Phase Transition in the Aldous-Shields Model of Growing Trees
David S. Dean, Satya N. Majumdar

TL;DR
This paper analytically investigates the late-time statistics of a growing tree model, revealing a phase transition in variance behavior at a critical parameter value, with implications for understanding fluctuations in such stochastic growth processes.
Contribution
The study introduces a backward Fokker-Planck approach to analyze the Aldous-Shields model, identifying a phase transition in variance and distribution type at a critical parameter value.
Findings
Variance is proportional to mean for c > sqrt(2)
Variance is anomalously large and distribution is non-Gaussian for c < sqrt(2)
Critical point occurs at c = sqrt{m} for generalized m-branch trees
Abstract
We study analytically the late time statistics of the number of particles in a growing tree model introduced by Aldous and Shields.
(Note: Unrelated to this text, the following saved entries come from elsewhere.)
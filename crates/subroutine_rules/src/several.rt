//! What breaks in several arguments.

ghost use Rattle.std.specs.Prelude.{◌≡◌, ◌++◌, IfOk, OnOk};

use caf_base::refusal::NoMemory;
use part_rules::judged::{Judged, add_all};
use rule_definitions::broken::Broken;

/// Puts what breaks in a part behind what breaks in others, and gives what the part stands for.
pub fn noted<T: Drop>(breaks: &mut Vec<Broken>, part: Judged<T>) -> Result<Option<T>, NoMemory>
    ensures breaks { OnOk result (breaks.new.items ≡ breaks.old.items ++ part.breaks.items) }
    ensures meaning { IfOk result (λ m. m ≡ part.meaning) }
{
    let Judged {
        breaks: own,
        meaning,
    } = part;
    add_all(breaks, own)?;
    Ok(meaning)
}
In this model, a cluster grows in continuous time on a binary Cayley tree, starting from the root, by absorbing new particles at the empty perimeter sites at a rate proportional to c^{-l} where c is a positive parameter and l is the distance of the perimeter site from the root. For c=1, this model corresponds to random binary search trees and for c=2 it corresponds to digital search trees in computer science. By introducing a backward Fokker-Planck approach, we calculate the mean and the variance of the number of particles at large times and show that the variance undergoes a `phase transition' at a critical value c=sqrt{2}. While for c>sqrt{2} the variance is proportional to the mean and the distribution is normal, for c<sqrt{2} the variance is anomalously…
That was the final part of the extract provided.